In order to ensure the necessary investment, as well as ensure that ths investment is underpinned by innovation and delivers security of supply, Ofgem has fundamentally changed the way in which it regulates networks. Following a comprehensive two-year review, we have scrapped the old RPI-X regime, which set each of the regional network companies' regulated performance over each five year "price control" period. While RPI-X was very successful in securing £35 billion of investment over its lifetime, Ofgem did not think it provided the flexibility needed to meet the challenges that the industry now faces.

The solution: "RIIO"

RIIO (Revenue=Incentives+Innovation+Outputs) is the successor to RPI-X and Ofgem's solution to the challenge. The RIIO model takes the best from RPI-X, but places far more emphasis on the delivery of specific outputs (eg network reliability) through a framework which heavily encourages innovation. This will support the delivery of environmental outputs and the delivery of smarter grids. It will protect consumers by rewarding those companies that innovate and invest efficiently, meeting their outputs, but will penalise those companies which perform badly for consumers with lower returns on their investment.

RIIO is designed to ensure that companies can operate economically and will be able to raise finance effectively through the regulated asset base. However, there will be no bailout for companies that make mistakes and get into financial trouble.

Each price control will continue to be set ahead of the period of activity. Targets will be set in advance, which continue to provide companies with the incentive to minimise costs.

Costs will be passed on to consumers more in line with the benefits incurred. If the benefits of a certain project will last over 20 years then it is reasonable to expect the costs to be spread over that time. Asset values will also be depreciated more in line with actual their lifetimes.

Innovation funding will be embedded in the RIIO framework through fund for Gas Distribution and Transmission which operate in similar way to the Low Carbon Innovation Fund. Whilst there will be a separate "virtual pot" of funding for gas trials and for electricity trials, both transmission and distribution companies will be competing for the same funding. In addition, third parties will also be able to compete to run trials.

Investment in the offshore grid

The offshore regulatory regime for licensing offshore electricity transmission, introduced in 2009 by the Department of Energy and Climate Change and Ofgem, uses competitive tendering to ensure the cable connections are delivered on time and at reasonable cost. Essentially, any company can bid for the right to own and operate offshore transmission links in return for a 20-year regulated revenue stream. The aim is to encourage competitive bids and new entry into an area that was the preserve of National Grid, Scottish Power and SSE (the existing network operators).
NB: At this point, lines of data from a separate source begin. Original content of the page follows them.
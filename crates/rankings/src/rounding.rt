// What a rounding of costs is, and the rounding part by part.
ghost use Rattle.std.specs.Prelude.{◌≡◌, ℕ, true, ◌≤ℤ◌};
ghost use Rattle.rankings.specs.Costs.{Cost, Modest};
ghost use Rattle.rankings.specs.Laws.{Rounds};
ghost use Rattle.rankings.specs.Models.{both_down, both_up};
ghost use Rattle.rankings.specs.Quotients.{rounds_by_parts};

use crate::division::{Divisor, ceil_div, floor_div};
use crate::ranking::Ranking;

// Two ways to divide a cost by m and take it to whole numbers, one to the cheap side and one to the dear side. They are
// functions of the cost and m, so that the same ones always round alike.
pub trait Rounding: Ranking {
    ghost cheap: { Self → Cost → ℕ → Cost };

    ghost dear: { Self → Cost → ℕ → Cost };

    fn round_cheap(&self, cost: (i64, i64), m: Divisor) -> (i64, i64)
        requires { Modest cost }
        ensures is { result ≡ cheap self.now cost m.by }
        ensures modest { Modest result };

    fn round_dear(&self, cost: (i64, i64), m: Divisor) -> (i64, i64)
        requires { Modest cost }
        ensures is { result ≡ dear self.now cost m.by }
        ensures modest { Modest result };

    ghost rounds: { (s : Self) → Rounds (Self.Ranking.ranks s) (cheap s) (dear s) };
}

// A ranking by which what is no more in either part is no dearer. For each of them both parts taken down, and both taken
// up, are a rounding.
pub trait PartByPart: Ranking {
    ghost mono: { (s : Self) (a b : Cost) → a.0 ≤ℤ b.0 → a.1 ≤ℤ b.1 → Self.Ranking.ranks s a b ≡ true };
}

impl<R: PartByPart> Rounding for R {
    ghost cheap = { λ _. both_down };

    ghost dear = { λ _. both_up };

    ghost rounds = { λ s. rounds_by_parts (R.Ranking.ranks s) (R.mono s) };

    fn round_cheap(&self, cost: (i64, i64), m: Divisor) -> (i64, i64) {
        (floor_div(cost.0, m), floor_div(cost.1, m))
    }

    fn round_dear(&self, cost: (i64, i64), m: Divisor) -> (i64, i64) {
        (ceil_div(cost.0, m), ceil_div(cost.1, m))
    }
}
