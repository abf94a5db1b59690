// Costs, and rankings of them.
//
// A cost is `(i64, i64)`: money in cents, time in minutes. A `Ranking` says which of two costs is no dearer, and a
// `Rounding` also divides a cost by a number. What is built on this crate is built for every ranking that keeps the laws
// of these traits.
#![tactic(auto)]

mod choice;
mod costs;
mod division;
mod limits;
mod money;
mod money_then_minutes;
mod ranking;
mod rounding;
#[cfg(test)]
mod tests;
mod weighed;

pub use choice::first_cheapest;
pub use costs::{add, scale};
pub use division::{Divisor, ceil_div, floor_div};
pub use limits::{LARGEST_DIVISOR, LARGEST_RATE, RANKED_PART, SMALLEST_RATE};
pub use money::Money;
pub use money_then_minutes::MoneyThenMinutes;
pub use ranking::Ranking;
pub use rounding::{PartByPart, Rounding};
pub use weighed::Weighed;
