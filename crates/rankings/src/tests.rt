// Worked cases. Each is run and compared with the definition's value, which a small function states as its contract:
// that function is proved, so its number is the definition's.
ghost use Rattle.std.specs.Prelude.{◌≡◌, pos, negsuc};
ghost use Rattle.rankings.specs.Choice.{is_cheaper};
ghost use Rattle.rankings.specs.Costs.{largest_divisor, ranked_part};
ghost use Rattle.rankings.specs.Models.{both_down, both_up, by_money, by_money_then_minutes, by_weight, counted_rate};

use super::*;

const HALF: Divisor = Divisor { by: 2 };

// -7 and 7 by 2, taken down.
fn halves_down() -> (i64, i64)
    ensures { result ≡ both_down (negsuc 6, pos 7) 2 }
{
    (-4, 3)
}

// -7 and 7 by 2, taken up.
fn halves_up() -> (i64, i64)
    ensures { result ≡ both_up (negsuc 6, pos 7) 2 }
{
    (-3, 4)
}

// The quotient goes down or up on either side of zero, by each ranking alike.
#[test]
fn rounds_past_zero(rt: HostRuntime) {
    assert_eq!(rt; Money.round_cheap((-7, 7), HALF), halves_down());
    assert_eq!(rt; Money.round_dear((-7, 7), HALF), halves_up());
    assert_eq!(rt; MoneyThenMinutes.round_cheap((-7, 7), HALF), halves_down());
    assert_eq!(rt; MoneyThenMinutes.round_dear((-7, 7), HALF), halves_up());
    assert_eq!(rt;
        Weighed { rate: 3 }.round_cheap((-7, 7), HALF),
        halves_down()
    );
    assert_eq!(rt; Weighed { rate: 3 }.round_dear((-7, 7), HALF), halves_up());
}

// The code's limits are the definitions'.
fn ranked_part() -> i64
    ensures { result ≡ pos ranked_part }
{
    RANKED_PART
}

fn largest_divisor() -> Divisor
    ensures { result.by ≡ largest_divisor }
{
    Divisor {
        by: LARGEST_DIVISOR,
    }
}

#[test]
fn rounds_at_the_limits(rt: HostRuntime) {
    let part = ranked_part();
    let share = (10_000_000_000, -10_000_000_000);
    assert_eq!(rt; Money.round_cheap((part, -part), largest_divisor()), share);
    assert_eq!(rt; Money.round_dear((part, -part), largest_divisor()), share);
}

// Money only sees no difference in the minutes.
fn equal_by_money() -> bool
    ensures forth { result ≡ by_money (pos 10, pos 5) (pos 10, pos 3) }
    ensures back { result ≡ by_money (pos 10, pos 3) (pos 10, pos 5) }
{
    true
}

// Money then minutes does.
fn cheaper_by_minutes() -> bool
    ensures { result ≡ is_cheaper by_money_then_minutes (pos 10, pos 3) (pos 10, pos 5) }
{
    true
}

#[test]
fn equal_money(rt: HostRuntime) {
    assert_eq!(rt; Money.no_dearer((10, 5), (10, 3)), equal_by_money());
    assert_eq!(rt; Money.no_dearer((10, 3), (10, 5)), equal_by_money());
    assert_eq!(rt;
        MoneyThenMinutes.cheaper((10, 3), (10, 5)),
        cheaper_by_minutes()
    );
    assert_eq!(rt;
        MoneyThenMinutes.dearer((10, 5), (10, 3)),
        cheaper_by_minutes()
    );
}

// A rate of 0 counts as 1: a minute weighs as much as a cent.
fn minute_as_cent() -> bool
    ensures forth { result ≡ by_weight (counted_rate (pos 0)) (pos 0, pos 1) (pos 1, pos 0) }
    ensures back { result ≡ by_weight (counted_rate (pos 0)) (pos 1, pos 0) (pos 0, pos 1) }
{
    true
}

// A rate of 500 counts as 200: a minute weighs as much as 200 cents.
fn minute_as_two_hundred() -> bool
    ensures forth { result ≡ by_weight (counted_rate (pos 500)) (pos 0, pos 1) (pos 200, pos 0) }
    ensures back { result ≡ by_weight (counted_rate (pos 500)) (pos 200, pos 0) (pos 0, pos 1) }
{
    true
}

#[test]
fn rates_outside(rt: HostRuntime) {
    assert_eq!(rt;
        Weighed { rate: 0 }.no_dearer((0, 1), (1, 0)),
        minute_as_cent()
    );
    assert_eq!(rt;
        Weighed { rate: 0 }.no_dearer((1, 0), (0, 1)),
        minute_as_cent()
    );
    assert_eq!(rt;
        Weighed { rate: 500 }.no_dearer((0, 1), (200, 0)),
        minute_as_two_hundred()
    );
    assert_eq!(rt;
        Weighed { rate: 500 }.no_dearer((200, 0), (0, 1)),
        minute_as_two_hundred()
    );
}

// Among equals the first stays.
#[test]
fn first_of_equals(rt: HostRuntime) {
    assert_eq!(rt; first_cheapest(&Money, &[(9, 0), (8, 2), (8, 1)]), Some(1));
    assert_eq!(rt;
        first_cheapest(&MoneyThenMinutes, &[(9, 0), (8, 2), (8, 1)]),
        Some(2)
    );
    assert_eq!(rt; first_cheapest(&Money, &[]), None);
}
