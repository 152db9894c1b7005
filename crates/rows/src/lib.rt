// The way down to where a reader stands: the names that are open, the outermost first. Of a reader its position and the count of its names are looked at, and of
// the stack the entries that are asked for.
#![tactic(auto)]

pub mod row;

ghost use Rattle.std.specs.Prelude.{◌≡◌, min};
ghost use Rattle.rows.specs.Rows.{row_of, plan_of, Listed, outermost_of};

use crate::row::{Filled, Given, Row};
use state::limits::{SLOTS, capacity};
use state::place::{Depth, Position};

// The record of the name at a depth, from 1 on, of so many names that are open.
pub fn open_row(stack: &[usize], position: Position, names: Depth, depth: Depth) -> Given
    ensures { result ≡ row_of stack.now position names depth }
{
    let most = capacity(stack.len());
    if most.0 < names.0 {
        return Given::BadState;
    }
    if depth.0 == 0 {
        return Given::BadState;
    }
    if names.0 < depth.0 {
        return Given::BadState;
    }
    let at = (depth.0 - 1) * SLOTS;
    let start = stack[at];
    let end = stack[at + 1];
    if end < start {
        return Given::BadState;
    }
    if position.0 < end {
        return Given::BadState;
    }
    Given::Row(Row {
        start: Position(start),
        end: Position(end),
        depth,
    })
}

// How many records are filled where there is room for so many; each of them is looked at.
pub fn plan(stack: &[usize], position: Position, names: Depth, room: usize) -> Filled
    ensures { result ≡ plan_of stack.now position names room }
{
    let most = capacity(stack.len());
    if most.0 < names.0 {
        return Filled::BadState;
    }
    let count = lesser(names.0, room);
    let mut i: usize = 0;
    while i < count {
        let Given::Row(_) = open_row(stack, position, names, Depth(i + 1)) else {
            return Filled::BadState;
        };
        i += 1;
    }
    Filled::Rows(count)
}

fn lesser(a: usize, b: usize) -> usize
    ensures { result ≡ min a b }
{
    if a < b {
        return a;
    }
    b
}

// Fills the list with records, the outermost name first, and answers how many were filled. The records beyond stay as they were; where it is refused all do.
pub fn open_rows(stack: &[usize], position: Position, names: Depth, list: &mut [Row]) -> Filled
    ensures { Listed stack.now position names list.old result list.new }
{
    let filled = plan(stack, position, names, list.len());
    let count = filled.count();
    let mut i: usize = 0;
    while i < count {
        if let Given::Row(row) = open_row(stack, position, names, Depth(i + 1)) {
            list[i] = row;
        }
        i += 1;
    }
    filled
}

// The eight outermost records by value, for a caller that lends no list: a record of depth 0 is none, and where it is refused all are.
pub fn outermost(stack: &[usize], position: Position, names: Depth) -> [Row; 8]
    ensures { result ≡ outermost_of stack.now position names }
{
    let none = Row {
        start: Position(0),
        end: Position(0),
        depth: Depth(0),
    };
    let mut list = [none; 8];
    open_rows(stack, position, names, &mut list);
    list
}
The early signs from this process are positive. The first round of tenders was very successful, attracting almost £4 billion of investment appetite for all nine transmission links worth around £1.1 billion. It has resulted in overall forecast savings of £350 million for offshore wind farms and ultimately consumers, and attracted new entry for firms like Balfour Beatty.

The key features of the offshore regime for investors are:

  • A 20 year RPI-linked revenue stream under a licence. This provides offshore transmission operators and investors with long-term regulatory certainty.
  • Bidders wishing to become Offshore Transmission Owners (OFTOs) have to bid their required revenue as part of the competitive tendering process.
  • Strong incentive regime which is availability-based and with no energy volume/price risk or stranding risk for the OFTOs.

Ofgem will commence a second transitional round of tenders later this year for assets for around 2GW of capacity, with a potential asset value of around £1.8 billion. In total high voltage cable links worth over £20 billion will be needed to connect a potential of around 50 GW of offshore wind over the coming years.

I hope that you consider this information useful and that it forms the basis for an interesting discussion at the evidence session.